Birlikte çalışan düzenleyici kurumların ayrıntılı bir labirenti olan “antitröst yaptırımlarının” çağdaş çağına hoş geldiniz.
Antitröst düzenleyicileri arasındaki işbirliği yeni değildir ve ABD’li düzenleyiciler, yabancı muadilleriyle vakalar, argümanlar, itirazlar ve potansiyel çözüm yollarına ilişkin zamanlamayı uzun süredir tartışmaktadır. Şimdiki değişim, dünya çapında belki de en önemli üç düzenleyici kurumun – FTC, Avrupa Komisyonu ve İngiltere’nin Rekabet ve Piyasalar Otoritesi – kabaca aynı sayfada olması. Hepsi anlaşmalarda sert olarak görülmek istiyor.
Microsoft’un Activision anlaşması, bazı hukukçuların söylediğine göre, büyük şirketlerin anlaşmaları tamamlamasını zorlaştıran küresel antitröst uygulayıcıları arasındaki bu yeni ittifakın şimdiye kadarki en büyük sınavı.
Microsoft’un durumu
Bir düzineden fazla ülkedeki yetkililer, Microsoft’u 175 milyar dolarlık oyun endüstrisinin zirvesine taşıyacak olan Microsoft’un Activision anlaşmasını gözden geçiriyor. Bazıları, Microsoft’un Activision’a sahip olması durumunda “Call of Duty” gibi dünyanın en popüler oyunlarından bazılarını Xbox konsollarına özel yapabileceğinden korkuyor.

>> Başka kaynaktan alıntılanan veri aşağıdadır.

//! The parts that a fault touches.
ghost use Rattle.std.specs.Prelude.{◌≡◌, ℕ, length, IfOk};
ghost use Rattle.vicinity.specs.NodeSets.{IsIn};
ghost use Rattle.beside_run.specs.Running.{HasLater};

use std::alloc::{AllocError, Global};
use unit_step::Machine;
use vicinity::NodeSet;

/// The parts of a machine behind the first so many: in one that had so many where it was led to the good graph, and was led on to the fault's, all of
/// those that may stand otherwise.
pub fn later_parts(alloc: Global, machine: &Machine, count: usize) -> Result<NodeSet, AllocError>
    ensures { IfOk result (HasLater count machine.now) }
{
    let mut set = NodeSet::new(alloc, machine.parts())?;
    put_later(machine, count, &mut set);
    Ok(set)
}

// Puts the parts behind the first so many into an empty set.
fn put_later(machine: &Machine, count: usize, set: &mut NodeSet)
    requires counted { length set.old.inside ≡ length machine.now.parts }
    requires empty { (k : ℕ) → ¬ IsIn set.old.inside k }
    ensures { HasLater count machine.now set.new }
{
    for k in count..machine.parts() {
        set.insert(k);
    }
}
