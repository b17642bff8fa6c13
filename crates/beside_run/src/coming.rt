//! Which phase of the record comes next.
ghost use Rattle.std.specs.Prelude.{◌≡◌, ◌<◌};
ghost use Rattle.std.specs.Bool.{OnTrue};
ghost use Rattle.beside_run.specs.declared.coming.TheConstants.{MOST_LOOKS, MOST_STEPS};

use good_phases::Beat;

// No phase is taken beside one that ends further behind in the record.
pub(crate) const MOST_LOOKS: usize = 1_000_000_000_000;

// No phase is taken beside one with a higher limit.
pub(crate) const MOST_STEPS: u64 = 1_000_000_000_000;

/// Whether the phase begins where a run is, and has this limit, and all can be counted.
pub(crate) fn is_next(beat: Beat, at: usize, limit: u64, nodes: usize) -> bool
    ensures { OnTrue result ((beat.begin ≡ at) × (beat.limit ≡ limit) × (beat.end < MOST_LOOKS) × (limit < MOST_STEPS) × (nodes < MOST_LOOKS)) }
{
    beat.begin == at
        && beat.limit == limit
        && beat.end < MOST_LOOKS
        && limit < MOST_STEPS
        && nodes < MOST_LOOKS
}
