//! A phase of the run under a fault.
ghost use Rattle.std.specs.Prelude.{◌≡◌, ℕ, ◌+◌, ◌-◌, ◌^◌, ◌<◌, ◌≤◌, length};
ghost use Rattle.switch_paths.specs.declared.TheConstants.{RAILS};
ghost use Rattle.beside_run.specs.Words.{IsSound, state_at, IsIn, state_before, FitsBeside, IsBeat};
ghost use Rattle.beside_run.specs.Running.{BeginsPhase, IsRunBeside, SettlesRun};

use crate::beginning::{place_changes, place_given};
use beside::go_back;
use beside_phases::settle_counted;
use good_phases::Beat;
use good_run::Recorder;
use settling::{Onlooker, Settled};
use std::sync::ledger::Ledger;
use switch_paths::Graph;
use ternary::{Steps, Tern};
use unit_step::Machine;
use vicinity::NodeSet;

/// Settles from the state that is meant, beside a phase of the good run, which is where the phase begins; parts that agree with it
/// go back to following it.
pub(crate) fn settle_phase<O: Onlooker, L: Ledger>(
    machine: &mut Machine,
    good_graph: &Graph,
    run: &Recorder,
    graph: &Graph,
    state: &[Tern],
    beat: Beat,
    good: &mut [Tern],
    apart: &mut NodeSet,
    touched: &NodeSet,
    room: &mut NodeSet,
    given: &mut NodeSet,
    steps: &mut Steps<L>,
    onlooker: &mut O,
) -> Settled
    requires beside { IsRunBeside good_graph.now run.now graph.now machine.old state.now (record {
      good = good.old;
      at = beat.begin;
      apart = apart.old;
      touched = touched.now;
      room = room.old;
      given = given.old;
    }) }
    requires beat { IsBeat good_graph.now run.now beat }
    requires few { (beat.end - (beat.begin + 1)) + beat.limit + length machine.old.state < 2 ^ 62 }
    requires knows { O.knows onlooker.old state.now }
    ensures settles { SettlesRun O.see good_graph.now run.now graph.now beat.limit result.steps result.joined machine.old machine.new state.now (record {
      good = good.new;
      at = beat.end;
      apart = apart.new;
      touched = touched.now;
      room = room.new;
      given = given.new;
    })
        (O.seen onlooker.old) (O.seen onlooker.new) }
    ensures knows { O.knows onlooker.new machine.new.state }
{
    begin_phase(
        machine, good_graph, run, graph, state, beat.begin, good, apart, given,
    );
    let first = beat.begin + 1;
    let told = settle_counted(
        machine, good_graph, graph, run, first, beat.end, beat.limit, good, apart, steps, onlooker,
    );
    go_back(machine, touched, good, apart, room);
    told
}

// The phase begins in both runs: what the good run placed and what was given is placed.
fn begin_phase(
    machine: &mut Machine,
    good_graph: &Graph,
    run: &Recorder,
    graph: &Graph,
    state: &[Tern],
    at: usize,
    good: &mut [Tern],
    apart: &mut NodeSet,
    given: &mut NodeSet,
)
    requires fits { FitsBeside good_graph.now graph.now good.old apart.old.inside machine.old }
    requires here { good.old ≡ state_before run.now at }
    requires inside { at < length run.now.shown }
    requires sound { IsSound good.old }
    requires sound_there { IsSound (state_before run.now (at + 1)) }
    requires counted { length state.now ≡ length machine.old.state }
    requires given { length given.old.inside ≡ length machine.old.state }
    requires free { (node : ℕ) → IsIn given.old.inside node → RAILS ≤ node }
    requires lags { (node : ℕ) → (¬ IsIn given.old.inside node) → state_at machine.old.state node ≡ state_at state.now node }
    ensures { BeginsPhase good_graph.now run.now graph.now at machine.old machine.new state.now good.new apart.new given.old given.new }
{
    let changes = run.changes_at(at);
    place_changes(machine, good_graph, graph, changes, state, good, apart);
    given.lists_what_is_in_it();
    place_given(machine, good_graph, graph, given, state, good, apart);
    given.clear();
}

Microsoft, bu stratejiyle ilgilenmediğini ve mobil oyun ve sanal gerçeklikte bir yer edinmek için Activision’ı satın aldığını söyledi. Başvurularda ve beyanlarda şirket, Activision oyunlarının lisanslarını Sony ve Nintendo dahil olmak üzere rakiplerine açık tutma sözü verdi.
Geçmişte, şirketlerin rekabete zarar verebilecek belirli faaliyetlerden kaçınma taahhüdü verdiği sözde davranışsal çözümler, antitröst uygulayıcıları tarafından kabul edilmişti, 2010 yılında Live Nation ve Ticketmaster birleşmesinde durum böyleydi. Ancak günümüzde şirketlerin bu tür tavizler vermesi daha zor.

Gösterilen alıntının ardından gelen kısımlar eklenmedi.